[Extracted data entries]
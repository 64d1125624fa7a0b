// The cases of a text as any program reads them.
ghost use Rattle.memory_notation.specs.Reading.{WellRead, left as left_of};

use crate::cases::{Case, Cases};
use crate::problems::Problem;
use notation::{Error, TextReader};
use std::alloc::{AllocError, Global};

impl<'a> TextReader<'a> for Cases<'a> {
    type Item = Case<'a>;

    type Problem = Problem<'a>;

    ghost left = { left_of };

    ghost IsRead = { WellRead };

    fn open(text: &'a [u8]) -> Result<Cases<'a>, Error<Problem<'a>>> {
        Cases::new(text)
    }

    fn next_item(
        &mut self,
        heap: Global,
    ) -> Result<Option<Result<Case<'a>, Error<Problem<'a>>>>, AllocError> {
        self.next(heap)
    }
}
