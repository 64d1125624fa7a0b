// A text notation for a claim and a memory: read them from a file, with errors that say where and what, and
// tell whether the claim holds of the memory, or why not.
//
// `Cases` gives the cases of a text one after another, each a claim and a memory. `judge` answers
// one, and `report` makes an error into lines for people.
#![tactic(auto)]

pub mod answers;
pub mod cases;
pub mod claim_texts;
pub mod entries;
pub mod items;
pub mod memory_texts;
pub mod problems;
pub mod sentences;
pub mod stops;
mod text_readers;

pub use answers::{Answer, judge};
pub use cases::{Case, Cases};
pub use notation::report;
pub use problems::{Error, Problem};
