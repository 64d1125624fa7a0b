// The entries of a memory, as far as they are read: what the names stand for, and the cells.
ghost use Rattle.std.specs.Prelude.{length, IfOk};
ghost use Rattle.memory_notation.specs.Placing.{Placed};

use crate::problems::Problem;
use crate::stops::Stop;
use memory::checks::MOST_CELLS;
use notation::numbering::find;
use notation::quotes::Quote;
use notation::{Asked, Span};
use std::alloc::{AllocError, Global};
use std::collections::BTreeSet;

#[derive(Clone, Copy)]
pub struct Cell {
    pub at: u32,
    pub to: u32,
}

#[derive(Clone, Copy)]
pub enum Entry {
    // a name, and the place that it stands for
    Name(Span, u32),
    Cell(Cell),
}

#[derive(Drop)]
pub struct Entries {
    // the place that each name of the claim stands for, once it is given
    places: Vec<Option<u32>>,
    // in the order of the entries
    cells: Vec<Cell>,
    // the places of the cells, by order and not by hashes, since a text could choose places that collide
    taken: BTreeSet<u32>,
}

impl Entries {
    // No entries yet, for a claim with so many names. The first is nowhere.
    pub fn new(heap: Global, names: usize) -> Result<Entries, AllocError> {
        let mut places = vec![in heap; Some(0)]?;
        places.resize(names.max(1), None)?;
        Ok(Entries {
            places,
            cells: Vec::new(heap),
            taken: BTreeSet::new(heap),
        })
    }

    // The name stands for the place. A name that the claim doesn't mention is passed over.
    fn give<'a>(&mut self, asked: &Asked<'a>, name: Span, place: u32) -> Result<(), Stop<'a>> {
        let spelled = name.of(asked.text);
        let Some(i) = find(asked.text, asked.names.as_slice(), spelled) else {
            return Ok(());
        };
        let Some(given) = self.places.get_mut(i) else {
            return Ok(());
        };
        if given.is_some() {
            return Err(Stop::at(name.start, Problem::NameTwice(Quote::new(spelled))));
        }
        *given = Some(place);
        Ok(())
    }

    // There is such a cell, by an entry that begins at `from`.
    fn add<'a>(&mut self, cell: Cell, from: usize) -> Result<(), Stop<'a>> {
        if cell.at == 0 {
            return Err(Stop::at(from, Problem::CellNowhere));
        }
        if self.cells.len() >= MOST_CELLS && !self.taken.contains(&cell.at) {
            return Err(Stop::at(from, Problem::ManyCells));
        }
        if !self.taken.insert(cell.at)? {
            return Err(Stop::at(from, Problem::CellTwice(cell.at)));
        }
        self.cells.push(cell)?;
        Ok(())
    }

    // Takes the entry that begins at `from` in the text.
    pub fn put<'a>(
        &mut self,
        asked: &Asked<'a>,
        entry: Entry,
        from: usize,
    ) -> Result<(), Stop<'a>> {
        match entry {
            Entry::Name(name, place) => self.give(asked, name, place),
            Entry::Cell(cell) => self.add(cell, from),
        }
    }

    // A word for each name: the place that it stands for. Refuses where a name has none.
    pub fn name_words<'a>(&self, heap: Global, asked: &Asked<'a>) -> Result<Vec<u32>, Stop<'a>>
        ensures { IfOk result (λ v. Placed self.now.places.items (length asked.now.names.items) v.items) }
    {
        let mut words = Vec::new(heap);
        // by number, since a zip would end where the places do, and not refuse the name
        for (i, name) in asked.names.iter().enumerate() {
            let Some(Some(place)) = self.places.get(i) else {
                let quote = Quote::new(name.of(asked.text));
                return Err(Stop::at(name.start, Problem::NoPlace(quote)));
            };
            words.push(*place)?;
        }
        Ok(words)
    }

    // Two words for each cell.
    pub fn memory_words(&self, heap: Global) -> Result<Vec<u32>, AllocError> {
        let mut words = Vec::new(heap);
        for cell in self.cells.iter() {
            words.push(cell.at)?;
            words.push(cell.to)?;
        }
        Ok(words)
    }
}
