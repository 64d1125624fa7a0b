// Does a claim hold of a memory? The answer for people.
ghost use Rattle.std.specs.Prelude.{IfOk};
ghost use Rattle.memory_notation.specs.Answering.{Answered};

use crate::cases::Case;
use crate::sentences::sentence;
use memory::check;
use std::alloc::{AllocError, Global};
use std::fmt;

// Three answers for people, each with words of its own.
#[derive(Drop)]
pub enum Answer {
    Holds,
    // why it doesn't hold
    Fails(String),
    // the case is none that can be checked
    Refused,
}

impl fmt::Display for Answer {
    fn fmt<W: fmt::Write>(&self, f: &mut fmt::Formatter<W>) -> fmt::Result {
        match self {
            Answer::Holds => f.write_str("holds"),
            Answer::Fails(why) => write!(f, "does not hold: {why}"),
            Answer::Refused => f.write_str("can't be checked"),
        }
    }
}

// Does the claim of the case hold of its memory?
pub fn judge(heap: Global, case: &Case) -> Result<Answer, AllocError>
    ensures { IfOk result (Answered case.now) }
{
    let mut work = vec![in heap; 0u32; case.memory.len() / 2]?;
    let checked = check(
        case.claim.as_slice(),
        case.names.as_slice(),
        case.memory.as_slice(),
        work.as_mut_slice(),
    );
    match checked {
        Ok(Ok(())) => Ok(Answer::Holds),
        Ok(Err(why)) => Ok(Answer::Fails(sentence(heap, case, why)?)),
        Err(_) => Ok(Answer::Refused),
    }
}
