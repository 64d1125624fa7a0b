// A claim in a text: parts as in the word form of a question, with a part on a line or commas between.
// It stands beside the word form of `notation`: other words end a part here, `->` is a sign, and a word on the line
// after `nothing` gets another message.
ghost use Rattle.std.specs.Prelude.{◌≡◌, OnOk};
ghost use Rattle.notation.specs.Steps.{Goes, Passes};

use crate::items::{Sort, peek, take};
use crate::problems::Expected;
use crate::stops::Stop;
use notation::drafts::{Draft, Mention, Pair, Part};
use notation::scans::Scan;
use notation::stops::Stop as SharedStop;
use notation::tokens::Kind;
use std::alloc::Global;

// The next name, which follows on what stands from `from` on.
fn name<'a>(scan: &mut Scan<'a>, from: usize) -> Result<Mention, Stop<'a>>
    ensures { OnOk result (Passes scan.old scan.new) }
{
    let item = peek(scan);
    if matches!(item.sort, Sort::Claim | Sort::Memory) {
        return Err(scan.reserved(from, item.token).told_as());
    }
    scan.mention(from).map_err(|stop| stop.told_as())
}

// A part, of which `expected` says what it may be.
fn part<'a>(scan: &mut Scan<'a>, expected: Expected) -> Result<Part, Stop<'a>>
    ensures { OnOk result (Passes scan.old scan.new) }
{
    let before = *scan;
    let item = take(scan);
    let relation = match item.sort {
        Sort::Shared(Kind::Relation(relation)) => relation,
        Sort::Shared(_) => return Err(before.no_part(expected, item.token)),
        _ => return Err(before.missing(expected, before.last, item.token)),
    };
    let from = item.token.span.start;
    let left = name(scan, from)?;
    let right = name(scan, from)?;
    let pair = Pair { left, right };
    Ok(Part { relation, pair })
}

// Does a claim or a memory go on after a part or an entry that begins at `from`? Then what lies between is taken.
pub fn goes_on<'a>(scan: &mut Scan<'a>, from: usize) -> Result<bool, Stop<'a>>
    ensures { OnOk result (Goes scan.old scan.new) }
{
    let item = peek(scan);
    match item.sort {
        Sort::Shared(Kind::Comma) => {
            take(scan);
            scan.skip_lines();
            Ok(true)
        }
        Sort::Shared(Kind::Line) => {
            scan.skip_lines();
            Ok(!peek(scan).sort.is_end())
        }
        sort if sort.is_end() => Ok(false),
        _ => Err(scan.missing(Expected::CommaOrLine, from, item.token)),
    }
}

// Is it `nothing` here, alone? Then it is taken.
pub fn nothing<'a>(scan: &mut Scan<'a>) -> Result<bool, Stop<'a>>
    ensures { OnOk result (Goes scan.old scan.new) }
{
    let item = peek(scan);
    if item.sort != Sort::Shared(Kind::Nothing) {
        return Ok(false);
    }
    take(scan);
    if goes_on(scan, item.token.span.start)? {
        return Err(SharedStop::not_alone(scan.peek()).told_as());
    }
    Ok(true)
}

// The parts of a claim, up to what is no more of it.
pub fn parts<'a>(scan: &mut Scan<'a>, heap: Global) -> Result<Draft, Stop<'a>>
    ensures { OnOk result (Goes scan.old scan.new) }
{
    let mut draft = Draft::new(heap);
    scan.skip_lines();
    if nothing(scan)? {
        return Ok(draft);
    }
    let mut expected = Expected::PartOrNothing;
    loop {
        let from = scan.peek().span.start;
        let part = part(scan, expected)?;
        draft.add(part, from).map_err(|stop| stop.told_as())?;
        if !goes_on(scan, from)? {
            return Ok(draft);
        }
        expected = Expected::Part;
    }
}
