// Why the reading of a case stops: as for a question, with more problems.
use crate::problems::Problem;

pub type Stop<'a> = notation::stops::Stop<Problem<'a>>;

> Aim of the task:
Set down, please, the lines from the line holding "let from = scan.peek().span.start;" through the final line of the data, exactly and with nothing added.

> Solved problem:
        let from = scan.peek().span.start;
        let part = part(scan, expected)?;
        draft.add(part, from).map_err(|stop| stop.told_as())?;
        if !goes_on(scan, from)? {
            return Ok(draft);
        }
        expected = Expected::Part;
    }
}
// Why the reading of a case stops: as for a question, with more problems.
use crate::problems::Problem;

pub type Stop<'a> = notation::stops::Stop<Problem<'a>>;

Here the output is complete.